The road ran between the houses in Park Street. Originally the road was to be built at the foot of the gardens, but the owner of no. 7 had a tree which he prized and he objected to it being cut down for the road.
Grannie had 7 children.: David, Alex (my father), Christina (Teenie), Margaret, Andrew, Bella and John the youngest. I didn’t know my grandfather who died of pneumonia from a cold caught at my father’s funeral in Aberdeen. Grannie’s mother was Margaret (Peggy) Bannerman and we heard how she walked from the croft in the Strath of Kildonan to Helmsdale to marry my great -grandfather who had a fishing boat which fished as far as Iceland. Peggy Bannerman was said to be a very pretty girl , but she would have been a stranger, a foreigner in Balintore, which was a very closed community. Years later my niece Margaret had a quarrel with a Shandwick girl Irene, Daisy’s and Jessie Picka’s granddaughter when they were children. This same Jessie Picka intervened and said “None of your Peggy Bannerman nonsense here.” She herself must have been a child when Peggy Bannerman was alive. they have long memories in remote areas.
Grannie’s family : she was Isabella Vass and she married David Vass. She advised her own family never to marry in the village as there was so much inbreeding., and she told me the same. Her family mostly took her advice. David did not marry. Alex my father married Jean Masson from Aberdeenshire. Andrew married Ethelredda Adams from Wales. Teenie married Andrew Ross from Shandwick (Johndans) and they had a son Andrew my age who never married. Maggie married Dan Mitchell from Rockfield. they were courting but Grannie wouldn’t agree to them getting married as Maggie was only 19. (Grannie herself had married at 29). Dan went off ton America and years later came back and married Maggie. I must have been 12. Dan used to write Maggie , and Andrew Ross and I would sing , “Duncan Grey came here to woo” and Maggie would chase us. They lived at No. 17 Rockfield village but had no family. Bell married William Gorman (Irish?). He was a shipwright with the navy and they met when his ship the Repulse? was in Invergordon and she worked in the canteen. He was over 6 ft and handsome. They had three children : Mary, David and Christine, and lived in Rosyth.

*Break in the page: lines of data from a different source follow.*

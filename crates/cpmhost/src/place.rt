//! Which file of the machine a name is of, by whatever spelling or link.

use crate::files::{found_of_input, unwritable};
use crate::output::target_of;
use crate::refused::{CommandRefusal, RefusalDetail};
use cpm_commands::{FilePlan, FileRole, PlannedFile};
use cpm_disk_commands::name_of;
use cpm_host::{HostError, ReadError, RunError, shown};
use std::io::ErrorKind;
use std::os::unix::fs::{FileTypeExt, MetadataExt};
use std::path::Path;
use std::rt::Files;
use std::{fs, io};

/// Where a file lies: names with one place are of one file.
#[derive(PartialEq, Eq, Drop)]
pub struct FileIdentity {
    device: u64,
    node: u64,
    /// Of a file that isn't there yet, its name in the folder that the numbers are of.
    name: Option<String>,
}

impl FileIdentity {
    /// Whether it is of a name in the folder that has this place, and of one that a file of CP/M may have there.
    fn is_in(&self, folder: &FileIdentity) -> bool {
        let Some(name) = &self.name else {
            return false;
        };
        folder.name.is_none()
            && (self.device, self.node) == (folder.device, folder.node)
            && name_of(name.as_str()).is_some()
    }
}

/// The place of a file that isn't there yet, if its folder is. It fails where that can't be looked at.
fn place_in_folder(
    rt: &(impl Files + AllocGlobal),
    target: Path<'_>,
) -> io::Result<Option<FileIdentity>> {
    let (Some(folder), Some(name)) = (target.parent(), target.file_name()) else {
        return Ok(None);
    };
    let folder = match folder.as_str() {
        "" => Path::new("."),
        _ => folder,
    };
    let found = match fs::metadata(rt, folder) {
        Ok(found) => found,
        Err(error) if error.kind() == ErrorKind::NotFound => return Ok(None),
        Err(error) => return Err(error),
    };
    Ok(Some(FileIdentity {
        device: found.dev(),
        node: found.ino(),
        name: Some(String::from_str(rt.alloc(), name)?),
    }))
}

/// The place of a name in its folder, its links followed, whatever has it.
pub fn place_by_folder(
    rt: &(impl Files + AllocGlobal),
    name: &str,
) -> io::Result<Option<FileIdentity>> {
    let target = target_of(rt, name)?;
    place_in_folder(rt, target.as_path())
}

/// The place of the file of a name, or of a folder that files are written into. None of what is no file of its own, as a pipe or a device, and of what has no
/// folder. It fails where the file can't be looked at.
fn place_of(
    rt: &(impl Files + AllocGlobal),
    file: PlannedFile<'_>,
) -> io::Result<Option<FileIdentity>> {
    let target = target_of(rt, file.name)?;
    let is_folder = file.role == FileRole::Folder;
    match fs::metadata(rt, target.as_path()) {
        Ok(found) if found.is_file() || (is_folder && found.is_dir()) => Ok(Some(FileIdentity {
            device: found.dev(),
            node: found.ino(),
            name: None,
        })),
        Err(error) if error.kind() == ErrorKind::NotFound => {
            place_in_folder(rt, target.as_path())
        }
        Ok(_) => Ok(None),
        Err(error) => Err(error),
    }
}

/// A file that a command names, and where it lies.
#[derive(Drop)]
struct FoundFile<'a> {
    file: PlannedFile<'a>,
    place: FileIdentity,
}

/// Whether a file may be written where this one was read: an image over an image, and a saved machine over a saved machine.
fn may_replace(output: PlannedFile<'_>, input: PlannedFile<'_>) -> bool {
    matches!(output.role, FileRole::Image | FileRole::Saving) && output.role == input.role
}

/// The files of a plan that were looked at so far.
#[derive(Drop)]
struct FoundFiles<'a> {
    inputs: Vec<FoundFile<'a>>,
    outputs: Vec<FoundFile<'a>>,
}

impl<'a> FoundFiles<'a> {
    fn add_input(
        &mut self,
        rt: &(impl Files + AllocGlobal),
        file: PlannedFile<'a>,
    ) -> Result<(), CommandRefusal> {
        if let Some(place) = found_of_input(rt, file.name, place_of(rt, file))? {
            self.inputs.push(FoundFile { file, place })?;
        }
        Ok(())
    }

    /// Refuses an output that is an output before it, or an input; but an image may take the place of one that was read, and so may a saved machine.
    fn add_output(
        &mut self,
        rt: &(impl Files + AllocGlobal),
        file: PlannedFile<'a>,
    ) -> Result<(), CommandRefusal> {
        let name = file.name;
        let place = place_of(rt, file).map_err(|reason| unwritable(name, reason))?;
        if let Some(place) = place {
            self.check_new(&place, file)?;
            self.outputs.push(FoundFile { file, place })?;
        }
        Ok(())
    }

    /// Refuses an output at a place that is an output before it, or an input which it may not replace.
    fn check_new(&self, place: &FileIdentity, file: PlannedFile<'a>) -> Result<(), CommandRefusal> {
        if let Some(other) = self.outputs.iter().find(|other| other.place == *place) {
            let name = other.file.name;
            return Err(twin(name, RefusalDetail::Output(shown(file.name))));
        }
        for input in &self.inputs {
            if input.place == *place && !may_replace(file, input.file) {
                let name = input.file.name;
                return Err(twin(file.name, RefusalDetail::Input(shown(name))));
            }
        }
        Ok(())
    }

    /// Refuses an output in a folder that files are written into: whoever made one of its name there would lose all in the end.
    fn check_folders(&self, rt: &(impl Files + AllocGlobal)) -> Result<(), CommandRefusal> {
        for folder in &self.outputs {
            if folder.file.role == FileRole::Folder {
                self.check_folder(rt, &folder.place)?;
            }
        }
        Ok(())
    }

    /// Refuses an output in the folder at this place.
    fn check_folder(
        &self,
        rt: &(impl Files + AllocGlobal),
        folder: &FileIdentity,
    ) -> Result<(), CommandRefusal> {
        for output in &self.outputs {
            let name = output.file.name;
            let place = place_by_folder(rt, name).map_err(|reason| unwritable(name, reason))?;
            if let Some(place) = place
                && output.file.role != FileRole::Folder
                && place.is_in(folder)
            {
                return Err(twin(name, RefusalDetail::InFolder));
            }
        }
        Ok(())
    }
}

/// The refusal of an output that is another file too, or may become one.
fn twin(name: &str, behind: RefusalDetail) -> CommandRefusal {
    CommandRefusal {
        error: HostError::from(RunError::WriteFault(shown(name))),
        behind,
    }
}

/// The name of standard input.
const STANDARD_INPUT: &str = "/dev/stdin";

/// A pipe that is read, by its numbers.
#[derive(Clone, Copy, Debug, PartialEq, Eq, Drop)]
struct PipeIdentity {
    device: u64,
    node: u64,
}

/// The pipe that a name is of, if it is of one.
fn pipe_of(rt: &impl Files, name: &str) -> Option<PipeIdentity> {
    match fs::metadata(rt, name) {
        Ok(found) if found.file_type().is_fifo() => Some(PipeIdentity {
            device: found.dev(),
            node: found.ino(),
        }),
        _ => None,
    }
}

/// The refusal of an input that is a pipe which something else reads.
fn shared_pipe(name: &str, behind: RefusalDetail) -> CommandRefusal {
    CommandRefusal {
        error: HostError::from(RunError::FileRefused(ReadError::File(shown(name)))),
        behind,
    }
}

/// Refuses inputs of which two are one pipe, which gives its bytes only once; and one that is standard input, where keys are typed on that.
pub fn check_pipes(
    rt: &(impl Files + AllocGlobal),
    inputs: &[PlannedFile<'_>],
    is_typed_at: bool,
) -> Result<(), CommandRefusal> {
    let keys = match is_typed_at {
        true => pipe_of(rt, STANDARD_INPUT),
        false => None,
    };
    let mut pipes: Vec<PipeIdentity> = Vec::new(rt.alloc());
    for file in inputs {
        if let Some(pipe) = pipe_of(rt, file.name) {
            if keys == Some(pipe) {
                return Err(shared_pipe(file.name, RefusalDetail::TypedOn));
            }
            if pipes.contains(&pipe) {
                return Err(shared_pipe(file.name, RefusalDetail::NamedTwice));
            }
            pipes.push(pipe)?;
        }
    }
    Ok(())
}

/// Refuses a plan by which one file would be written twice, or over what is read, under whatever names; and one by which a file would be written twice if
/// one of its name were written into a folder. An image may be written where one was read.
pub fn check_apart(
    rt: &(impl Files + AllocGlobal),
    plan: &FilePlan<'_>,
) -> Result<(), CommandRefusal> {
    let mut found = FoundFiles {
        inputs: Vec::new(rt.alloc()),
        outputs: Vec::new(rt.alloc()),
    };
    for file in &plan.inputs {
        found.add_input(rt, *file)?;
    }
    for file in &plan.outputs {
        found.add_output(rt, *file)?;
    }
    found.check_folders(rt)
}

John married Alice Graham from Rosyth and had a boy David and girl Lesley. Alice died a few years later from cancer, and he eventually married Jessie.
A favourite outing was a visit to Maggie and Dan in Rockfield. Teenie took us by bus going to Portmahomack. We came off at the memorial to servicemen killed in the First World War, and then walked a mile or so past Bankhead Farm to the top of the brae and down the cliffside road to the village. There were probably 20 houses then and most of the people were called Mitchell and were related. It was a lovely village sheltered by the cliff from the winds, except the easterly which on a high tide, the sea could be swept over the wall and reach the houses. One year there was a tremendous lot of seaweed swept up and when it rotted the smell was awful and the iodine or whatever was so strong, all the paint was stripped from the wood of the houses. The village was so isolated that when we walked along the street, you could see the curtains move and eyes looking at you all the way. We were unkind in those days and said they were the “missing link”. The sheds in front of the houses were usually half boats upended.
Maggie always made us very welcome. There was a feast on the table of cakes and biscuits from the van which called once or twice a week . we had soup and meat boiled in the soup with cabbage or cauliflower from Dan's garden and usually a jelly separated in three layers made from eggs, milk and gelatine, with tinned pears or peaches. Maggie did us proud, but I think she was lonely and never quite fitted into the village.